# Middle TN



## Maxh92 (Dec 2, 2016)

Hey all -Are they any of you guys located in middle TN that would be up for meeting up for a stick or two sometime? Not sure if there's anyone on here from this area.


----------



## Ranger0282 (Mar 12, 2016)

Welcome..Welcome..... I am from Alpine Tn. 6 miles outside of Livingston. North of Cookeville. Where are you at?


----------



## Maxh92 (Dec 2, 2016)

West Nashville, myself - Do you ever make it over this way to any of the shops in the 'city'?


----------



## Ranger0282 (Mar 12, 2016)

Afraid not.

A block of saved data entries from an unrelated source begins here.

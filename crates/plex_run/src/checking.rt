//! Checks: a report that comes behind its script is read and judged, and what is found is told.
ghost use Rattle.std.specs.Prelude.{◌≡◌, ◌⊎◌, ◌≤◌, ◌<◌, true, false, length, IfOk, IfErr, IfSome};
ghost use Rattle.std.specs.Io.KnownBytes.{IsAtEnd};
ghost use Rattle.plex_agent.specs.CfIo.Count.{Rises};
ghost use Rattle.plex_load.specs.PlexScript.Limits.{KeepsLimits};
ghost use Rattle.plex_load.specs.PlexScript.Reading.{TellsFault};
ghost use Rattle.plex_load.specs.PlexScript.WellFormed.{IsWellFormed};
ghost use Rattle.check_model.specs.Judged.{Judges};
ghost use Rattle.report_texts.specs.Readable.{AreReadable};
ghost use Rattle.plex_run.specs.StatusLines.{memory_line, too_long_line};
ghost use Rattle.plex_run.specs.Written.{output, HasFailed, Writes, WritesFront, Gains};
ghost use Rattle.plex_run.specs.Outcome.{script_limit, status_line};
ghost use Rattle.plex_run.specs.Statuses.{OfText};
ghost use Rattle.plex_run.specs.Checking.{check_limit, verdict_line, verdict_of, verdict_of_checked, verdict_status, ReadsOne, IsOneAnswer, IsSaid, IsOnlyStatus, IsJudged, EndsCheck};

use crate::cutting::cut;
use crate::program::{SCRIPT_LIMIT, refused};
use crate::status_lines::why_text;
use crate::verdict_lines::found_line;
use crate::writing::{say, say_no_memory, say_unread, script_too_long};
use check_model::{Checked, Printed, one_answer};
use plex_agent::sources::{Sink, Source, read_all, write_all};
use plex_check::check;
use plex_load::scripts::{
    ReadFault, Script, keeps_limits, never_both, one_script, read, well_formed,
};
use plex_load::types::NoMemory;
use report_read::{TextBad, read_report};
use std::alloc::Global;

/// The greatest length of a script and its report, in bytes.
pub(crate) const CHECK_LIMIT: usize = 16_777_216;

/// What a check finds.
#[derive(Clone, Copy)]
pub(crate) enum Found {
    /// The first line up to which what stands behind the script begins no report.
    Unread { line: u32 },
    /// What a check answers of what the report prints.
    Judged { answer: Checked },
}

// The line of a text that is too long for a script and its report.
#[tactic(auto, using(crate::proofs::StatusLaws::whole_long))]
fn whole_too_long() -> &'static [u8]
    ensures { result.now ≡ too_long_line check_limit }
{
    b"TOOLONG 16777216\n"
}

// Whether a script is too long.
fn is_long(part: &[u8]) -> bool
    ensures long { result ≡ true → script_limit < length part.now }
    ensures fits { result ≡ false → length part.now ≤ script_limit }
{
    part.len() > SCRIPT_LIMIT
}

// Each text is read in one way as a report of the script.
fn one_reading(script: &Script)
    requires { KeepsLimits script.now }
    ensures { ReadsOne script.now }
{
    let _ = script;
}

// What a check answers of what a report prints.
#[tactic(auto, using(crate::proofs::PrintedLaws::printed_of))]
fn answered(alloc: Global, script: &Script, printed: &Printed) -> Result<Checked, NoMemory>
    requires formed { IsWellFormed script.now }
    requires keeps { KeepsLimits script.now }
    requires readable { AreReadable script.now printed.now }
    ensures judged { IfOk result (Judges script.now printed.now) }
    ensures one { IsOneAnswer script.now printed.now }
{
    one_answer(script, printed);
    check(alloc, script, printed)
}

// Reads what stands behind a script, and judges it.
fn found_in(alloc: Global, script: &Script, text: &[u8]) -> Result<Found, NoMemory>
    requires formed { IsWellFormed script.now }
    requires keeps { KeepsLimits script.now }
    requires small { length text.now ≤ check_limit }
    ensures said { IfOk result (λ found. IsSaid script.now text.now
        (verdict_of script.now found)) }
    ensures only { IfOk result (λ found. IsOnlyStatus script.now text.now
        (verdict_of script.now found)) }
{
    one_reading(script);
    let printed = match read_report(alloc, script, text) {
        Ok(printed) => printed,
        Err(TextBad::Line { line }) => return Ok(Found::Unread { line }),
        Err(TextBad::NoMemory(cause)) => return Err(cause),
    };
    match answered(alloc, script, &printed) {
        Ok(answer) => Ok(Found::Judged { answer }),
        Err(cause) => Err(cause),
    }
}

// Reads a script, and judges what stands behind it.
fn judged(alloc: Global, part: &[u8], rest: &[u8]) -> Result<(Script, Found), ReadFault>
    requires { length rest.now ≤ check_limit }
    ensures judged { IfOk result (λ it. IsJudged part.now rest.now it.0 (verdict_of it.0 it.1)) }
    ensures fault { IfErr result (TellsFault part.now) }
{
    keeps_limits();
    let script = match read(alloc, part) {
        Ok(script) => script,
        Err(fault) => return Err(fault),
    };
    well_formed(part, &script);
    match found_in(alloc, &script, rest) {
        Ok(found) => Ok((script, found)),
        Err(cause) => Err(ReadFault::NoMemory(cause)),
    }
}

// The status of what a check answers, where no write fails.
fn answer_status(script: &Script, answer: Checked) -> u8
    ensures status { result ≡ verdict_status (verdict_of_checked script.now answer) }
    ensures known { (result ≡ 0) ⊎ (result ≡ 9) }
{
    let _ = script;
    match answer {
        Checked::Yes { .. } => 0,
        Checked::BadEntry { .. } => 9,
        Checked::BadItem { .. } => 9,
    }
}

// The status of what was found, where no write fails.
fn found_status(script: &Script, found: Found) -> u8
    ensures status { result ≡ verdict_status (verdict_of script.now found) }
    ensures known { (result ≡ 0) ⊎ (result ≡ 9) }
{
    match found {
        Found::Unread { .. } => 9,
        Found::Judged { answer } => answer_status(script, answer),
    }
}

// Tells what was found, and the status.
fn told<K: Sink>(alloc: Global, script: &Script, found: Found, sink: &mut K) -> u8
    ensures done { result ≡ 0 → (verdict_status (verdict_of script.now found) ≡ 0)
        × Writes (output K.held K.faults sink.old sink.new)
        (verdict_line (verdict_of script.now found)) }
    ensures marked { result ≡ 9 → (verdict_status (verdict_of script.now found) ≡ 9)
        × Gains (output K.held K.faults sink.old sink.new)
        (verdict_line (verdict_of script.now found)) }
    ensures front { result ≡ 5 → (verdict_status (verdict_of script.now found) ≡ 0)
        × HasFailed (output K.held K.faults sink.old sink.new)
        × WritesFront (output K.held K.faults sink.old sink.new)
        (verdict_line (verdict_of script.now found)) }
    ensures no_memory { result ≡ 6 → Gains (output K.held K.faults sink.old sink.new)
        memory_line }
    ensures statuses { (result ≡ 0) ⊎ ((result ≡ 9) ⊎ ((result ≡ 5) ⊎ (result ≡ 6))) }
    ensures faults { K.faults sink.old ≤ K.faults sink.new }
{
    let line = match found_line(alloc, script, found) {
        Ok(line) => line,
        Err(cause) => {
            say_no_memory(cause, sink);
            return 6;
        }
    };
    if found_status(script, found) != 0 {
        say(sink, &line);
        return 9;
    }
    match write_all(sink, &line) {
        Ok(()) => 0,
        Err(_) => 5,
    }
}

// Checks the report that a text has behind its script, and tells what is found.
fn checked_text<K: Sink>(alloc: Global, text: &[u8], sink: &mut K) -> u8
    requires text { length text.now ≤ check_limit }
    ensures ends { EndsCheck text.now (output K.held K.faults sink.old sink.new) result }
    ensures write_fault { result ≡ 5 → HasFailed (output K.held K.faults sink.old sink.new) }
    ensures no_memory { result ≡ 6 → Gains (output K.held K.faults sink.old sink.new)
        memory_line }
    ensures too_long { result ≡ 7 → script_limit < length text.now }
    ensures statuses { (result ≡ 0) ⊎ ((result ≡ 5) ⊎ ((result ≡ 6) ⊎ ((result ≡ 3)
        ⊎ ((result ≡ 7) ⊎ (result ≡ 9))))) }
    ensures faults { K.faults sink.old ≤ K.faults sink.new }
{
    one_script();
    never_both();
    let Some((part, rest)) = cut(text) else {
        return refused(alloc, 0, b"NOREPORT", sink);
    };
    if is_long(part) {
        say(sink, script_too_long());
        return 7;
    }
    let (script, found) = match judged(alloc, part, rest) {
        Ok(it) => it,
        Err(ReadFault::Script { line, why }) => return refused(alloc, line, why_text(why), sink),
        Err(ReadFault::NoMemory(cause)) => {
            say_no_memory(cause, sink);
            return 6;
        }
    };
    told(alloc, &script, found, sink)
}

/// Checks the report that comes from a source behind its script and a line `REPORT`, and writes what
/// is found. Tells the status: 0, 3, 4, 5, 6, 7 or 9.
pub(crate) fn checked_in<S: Source, K: Sink>(alloc: Global, source: &mut S, sink: &mut K) -> u8
    ensures ends { OfText (S.left source.old)
        (λ text. EndsCheck text (output K.held K.faults sink.old sink.new) result) }
    ensures read_fault { result ≡ 4 → Rises (S.faults source.old) (S.faults source.new) }
    ensures write_fault { result ≡ 5 → HasFailed (output K.held K.faults sink.old sink.new) }
    ensures no_memory { result ≡ 6 → Gains (output K.held K.faults sink.old sink.new)
        memory_line }
    ensures too_long { result ≡ 7 → IfSome (S.left source.old)
        (λ text. script_limit < length text) }
    ensures line { IfSome (status_line result)
        (Gains (output K.held K.faults sink.old sink.new)) }
    ensures statuses { (result ≡ 0) ⊎ ((result ≡ 5) ⊎ ((result ≡ 6) ⊎ ((result ≡ 3)
        ⊎ ((result ≡ 4) ⊎ ((result ≡ 7) ⊎ (result ≡ 9)))))) }
    ensures at_end { (result ≡ 0) ⊎ ((result ≡ 3) ⊎ ((result ≡ 5) ⊎ (result ≡ 9)))
        → IsAtEnd (S.left source.new) }
    ensures source_faults { S.faults source.old ≤ S.faults source.new }
    ensures sink_faults { K.faults sink.old ≤ K.faults sink.new }
{
    let text = match read_all(alloc, source, CHECK_LIMIT) {
        Ok(text) => text,
        Err(end) => return say_unread(end, whole_too_long(), sink),
    };
    checked_text(alloc, &text, sink)
}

I have one mule and she is only good for about 10 miles... I have always wanted to go to Nashville just to try the BBQ joints. One of these days we are going to make it. I'll probably be gumming my spare ribs by then. I just found out there is a cigar lounge in Mt. Juliet. I have to go there once a month for a DR. appointment. You ever make it that way?


----------



## Maxh92 (Dec 2, 2016)

Ranger0282 said:


> Afraid not. I have one mule and she is only good for about 10 miles... I have always wanted to go to Nashville just to try the BBQ joints. One of these days we are going to make it. I'll probably be gumming my spare ribs by then. I just found out there is a cigar lounge in Mt. Juliet. I have to go there once a month for a DR. appointment. You ever make it that way?

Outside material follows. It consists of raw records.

//! The program's one call: a script comes in from a source, or a number makes one, and the report
//! or the summary of its run, or what became of its locks, goes out to a sink; or a script comes in
//! with a report, and what a check says of it goes out.
#![tactic(auto)]

mod checking;
mod cutting;
mod full;
mod loading;
mod locks;
mod pieces;
mod program;
mod running;
mod status_lines;
mod verdict_lines;
mod way;
mod writing;

pub use plex_agent as agents;
pub use plex_agent::{links as links, sources as sources};
pub use plex_load::types as types;
pub use program::run;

There's plenty of good BBQ out this way.

I haven't been out to Mt. Juliet, yet. It isn't too bad of a drive though. Would definitely be interested in a meet up, at some point!


----------



## Ranger0282 (Mar 12, 2016)

Me as well. I went in there the other day looking for some Spanish Cedar to make a Tupperdoor. I plan on winning big come the Super Bowl !! The guy at the front desk was a fairly nice person to chat with. Anyway, wasn't a huge place but it looked really nice on the inside.


----------



## Mistrsynistr (Apr 30, 2017)

I'm also from middle Tennessee, around the Murfreesboro area if anyone ever wants to meet up for a stick or two just let me know.


----------



## JtAv8tor (Apr 12, 2017)

While it's not TN I am in Huntsville Al and occasionally make it up to Nashville 


Sent from my iPad using Tapatalk Pro


----------



## Cossie (Feb 25, 2018)

Maxh92 said:


> Hey all -Are they any of you guys located in middle TN that would be up for meeting up for a stick or two sometime? Not sure if there's anyone on here from this area.


Hello I just joined. I'm a little late to this thread. But I'm in the Nashville area. I'm always up for meeting another stogie head.


----------



## Scotch-n-Stick (Feb 5, 2018)

@Olecharlie and I are both in the Nashville area.

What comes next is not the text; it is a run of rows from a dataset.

//! Locks: a script's lock requests, done in words, and what is told of them.
ghost use Rattle.std.specs.Prelude.{◌≡◌, ◌⊎◌, ◌≤◌, ◌<◌, length, IfOk, IfErr, IfSome};
ghost use Rattle.std.specs.Io.KnownBytes.{IsAtEnd};
ghost use Rattle.plex_agent.specs.CfIo.Count.{Rises};
ghost use Rattle.plex_locks.specs.Told.{locks_text};
ghost use Rattle.plex_run.specs.StatusLines.{memory_line};
ghost use Rattle.plex_run.specs.Written.{output, HasFailed, Writes, WritesFront, Gains};
ghost use Rattle.plex_run.specs.Outcome.{script_limit, status_line};
ghost use Rattle.plex_run.specs.Statuses.{OfText};
ghost use Rattle.plex_run.specs.Locks.{IsTaken, TellsUntaken, EndsLocks};

use crate::program::{SCRIPT_LIMIT, refused};
use crate::status_lines::why_text;
use crate::writing::{say_no_memory, say_unread, script_too_long};
use plex_agent::Gate;
use plex_agent::sources::{Sink, Source, read_all, write_all};
use plex_load::scripts::{ReadFault, Script, Why, never_both, one_script, read, well_formed};
use plex_load::types::NoMemory;
use plex_locks::{Locked, first_other, locked, locks_text};
use std::alloc::Global;
use std::thread::Threads;

/// Why a text isn't taken.
#[derive(Drop)]
pub(crate) enum Untaken {
    /// The first faulty line, from 1, and what is wrong with it.
    Fault { line: u32, why: Why },
    /// The first line of a script that lock words can't do.
    NotWords { line: u32 },
    /// There was no memory for the script.
    NoMemory(NoMemory),
}

// The script that a text says, where lock words can do all of it.
fn taken(alloc: Global, text: &[u8]) -> Result<Script, Untaken>
    ensures taken { IfOk result (IsTaken text.now) }
    ensures untaken { IfErr result (TellsUntaken text.now) }
{
    let script = match read(alloc, text) {
        Ok(script) => script,
        Err(ReadFault::Script { line, why }) => return Err(Untaken::Fault { line, why }),
        Err(ReadFault::NoMemory(cause)) => return Err(Untaken::NoMemory(cause)),
    };
    match first_other(text, &script) {
        Some(line) => Err(Untaken::NotWords { line }),
        None => Ok(script),
    }
}

// Writes what became of a script's locks, and tells the status.
fn written<K: Sink>(alloc: Global, script: &Script, told: &Locked, sink: &mut K) -> u8
    ensures done { result ≡ 0 → Writes (output K.held K.faults sink.old sink.new)
        (locks_text script.now told.now) }
    ensures front { result ≡ 5 → HasFailed (output K.held K.faults sink.old sink.new)
        × WritesFront (output K.held K.faults sink.old sink.new)
        (locks_text script.now told.now) }
    ensures no_memory { result ≡ 6 → Gains (output K.held K.faults sink.old sink.new)
        memory_line }
    ensures statuses { (result ≡ 0) ⊎ ((result ≡ 5) ⊎ (result ≡ 6)) }
    ensures faults { K.faults sink.old ≤ K.faults sink.new }
{
    let text = match locks_text(alloc, script, told) {
        Ok(text) => text,
        Err(cause) => {
            say_no_memory(cause, sink);
            return 6;
        }
    };
    match write_all(sink, &text) {
        Ok(()) => 0,
        Err(_) => 5,
    }
}

// Reads a script out of a text, does its locks in words, and writes what became of them.
fn locked_text<R: Threads + Sync, K: Sink, G: Gate>(
    rt: &R,
    alloc: Global,
    text: &[u8],
    sink: &mut K,
    gate: &G,
) -> u8
    requires text { length text.now ≤ script_limit }
    ensures ends { EndsLocks text.now (output K.held K.faults sink.old sink.new) result }
    ensures write_fault { result ≡ 5 → HasFailed (output K.held K.faults sink.old sink.new) }
    ensures no_memory { result ≡ 6 → Gains (output K.held K.faults sink.old sink.new)
        memory_line }
    ensures statuses { (result ≡ 0) ⊎ ((result ≡ 5) ⊎ ((result ≡ 6) ⊎ (result ≡ 3))) }
    ensures faults { K.faults sink.old ≤ K.faults sink.new }
{
    one_script();
    never_both();
    let script = match taken(alloc, text) {
        Ok(script) => script,
        Err(Untaken::Fault { line, why }) => return refused(alloc, line, why_text(why), sink),
        Err(Untaken::NotWords { line }) => return refused(alloc, line, b"NOTWORDS", sink),
        Err(Untaken::NoMemory(cause)) => {
            say_no_memory(cause, sink);
            return 6;
        }
    };
    well_formed(text, &script);
    let told = match locked(rt, alloc, &script, gate) {
        Ok(told) => told,
        Err(cause) => {
            say_no_memory(cause, sink);
            return 6;
        }
    };
    written(alloc, &script, &told, sink)
}

/// Does the locks of the script that comes from a source, in words (`plex_locks::locked`), and
/// writes what became of them (`plex_locks::locks_text`). Tells the status: 0, 3, 4, 5, 6 or 7.
pub(crate) fn locked_in<R: Threads + Sync, S: Source, K: Sink, G: Gate>(
    rt: &R,
    alloc: Global,
    source: &mut S,
    sink: &mut K,
    gate: &G,
) -> u8
    ensures ends { OfText (S.left source.old)
        (λ text. EndsLocks text (output K.held K.faults sink.old sink.new) result) }
    ensures read_fault { result ≡ 4 → Rises (S.faults source.old) (S.faults source.new) }
    ensures write_fault { result ≡ 5 → HasFailed (output K.held K.faults sink.old sink.new) }
    ensures no_memory { result ≡ 6 → Gains (output K.held K.faults sink.old sink.new)
        memory_line }
    ensures too_long { result ≡ 7 → IfSome (S.left source.old)
        (λ text. script_limit < length text) }
    ensures line { IfSome (status_line result)
        (Gains (output K.held K.faults sink.old sink.new)) }
    ensures statuses { (result ≡ 0) ⊎ ((result ≡ 5) ⊎ ((result ≡ 6) ⊎ ((result ≡ 3)
        ⊎ ((result ≡ 4) ⊎ (result ≡ 7))))) }
    ensures at_end { (result ≡ 0) ⊎ ((result ≡ 3) ⊎ (result ≡ 5))
        → IsAtEnd (S.left source.new) }
    ensures source_faults { S.faults source.old ≤ S.faults source.new }
    ensures sink_faults { K.faults sink.old ≤ K.faults sink.new }
{
    let text = match read_all(alloc, source, SCRIPT_LIMIT) {
        Ok(text) => text,
        Err(end) => return say_unread(end, script_too_long(), sink),
    };
    locked_text(rt, alloc, &text, sink, gate)
}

I'd like to propose taking this a step further and considering a national weekend for anyone on this forum to come to Nashville for a meet and greet. Weather is great, so are the flights in/out ... wonder where we could host.

Let's get some pics of us in some of them fancy cigar magazines ... Better yet, let's get some cigar reps to help cover the costs/provide sticks & marketing SWAG too !


----------



## Cossie (Feb 25, 2018)

Scotch-n-Stick said:


> @*Olecharlie* and I are both in the Nashville area.
> 
> I'd like to propose taking this a step further and considering a national weekend for anyone on this forum to come to Nashville for a meet and greet. Weather is great, so are the flights in/out ... wonder where we could host.
> 
> Let's get some pics of us in some of them fancy cigar magazines ... Better yet, let's get some cigar reps to help cover the costs/provide sticks & marketing SWAG too !


That's a great idea. (Especially working with the cigar reps.) Also, Im from the Nashville area and just joined the forum. I heard from Olecharlie, if you both or one of ever wanna hook up and grab a smoke, PM me if you want. Thanks.


----------



## jaylito (Apr 2, 2018)

Manchester tn here. Work in murfreesboro and go to Huntsville a lot. Any brothers in murfreesboro or huntsville would like to get together I'm in. I'm in huntsville on weekends an in murfreesboro all week


----------



## JtAv8tor (Apr 12, 2017)

jaylito said:


> Manchester tn here. Work in murfreesboro and go to Huntsville a lot. Any brothers in murfreesboro or huntsville would like to get together I'm in. I'm in huntsville on weekends an in murfreesboro all week


I live in Huntsville myself, and can be found lurking at the Humidor Pipe Shop on the south parkway off bob Wallace

Sent from the safe-house under Witness Protection


----------



## Travoline (Mar 26, 2018)

West Nashville area, well actually Bellevue. I typically sit on my deck, with my dogs and enjoy my cigars. But my dogs just don’t seem to talk back. I am always up for meeting up. However with two little ones I just hope for a good hour or two break and good weather to head to the back porch. But always willing to plan something a few days to a week ahead of time and meet up somewhere. 


Sent from my iPhone using Tapatalk


----------



## Olecharlie (Oct 28, 2017)

Was planning on calling on a few to meet up at Cigar Abbeys on a Saturday afternoon. Let me know if anyone is interested. Its on the East side of Nashville. Mt Juilet Big Star is about 5 miles from my house. Yes it’s small but I’m always up for meeting up.


----------



## Maxh92 (Dec 2, 2016)

I’m down! That sounds like a good time to me. 


Sent from my iPhone using Tapatalk


----------



## Tennessee Slim (Mar 24, 2006)

Another Nashville guy here. Actually, White House which is about 20 miles north of downtown. We have Rick's Cigar Lounge here in WH which is a really nice shop. I also work in the middle of downtown.


----------



## Rabidawise (Apr 23, 2018)

I'm right outside of Memphis, but if it were planned out far enough in advance, I would make the drive over.


----------



## Travoline (Mar 26, 2018)

The wife and little ones will be in Fancy Farm this weekend visiting family. Before you ask, yes that is a real place in KY. Might get out and have me a cigar somewhere in town. If anyone plans on being out let me know. Might try Cigar Abby, Tobacco Road or somewhere...


----------



## greasemonger (Jan 14, 2018)

Headed up to N'ville thursday morning for a long bachelor party weekend. Thursday its just me and one buddy staying at the airport Hilton, planning to hit the abbey and more Thurs afternoon/evening. Once the rest of the crew shows up Friday afternoon we stay at an AirBNB and Friday/Sat nights out on the town for some revelry. If anyone's out and about Thursday evening or Friday Midday, I'd be down for a little herf with the locals, and some tips on the Nashvegas nightlife.


----------



## Maxh92 (Dec 2, 2016)

Shoot me a PM. I may be able to meet up Thursday evening. What places are you thinking of hitting up besides Abbey?


Sent from my iPhone using Tapatalk


----------



## greasemonger (Jan 14, 2018)

Maxh92 said:


> Shoot me a PM. I may be able to meet up Thursday evening. What places are you thinking of hitting up besides Abbey?
> 
> Sent from my iPhone using Tapatalk


Literally no clue. Never actually stopped in Nashville, just passed through for work and visiting family in Jackson. Ill PM ya tomorrow for sure.


----------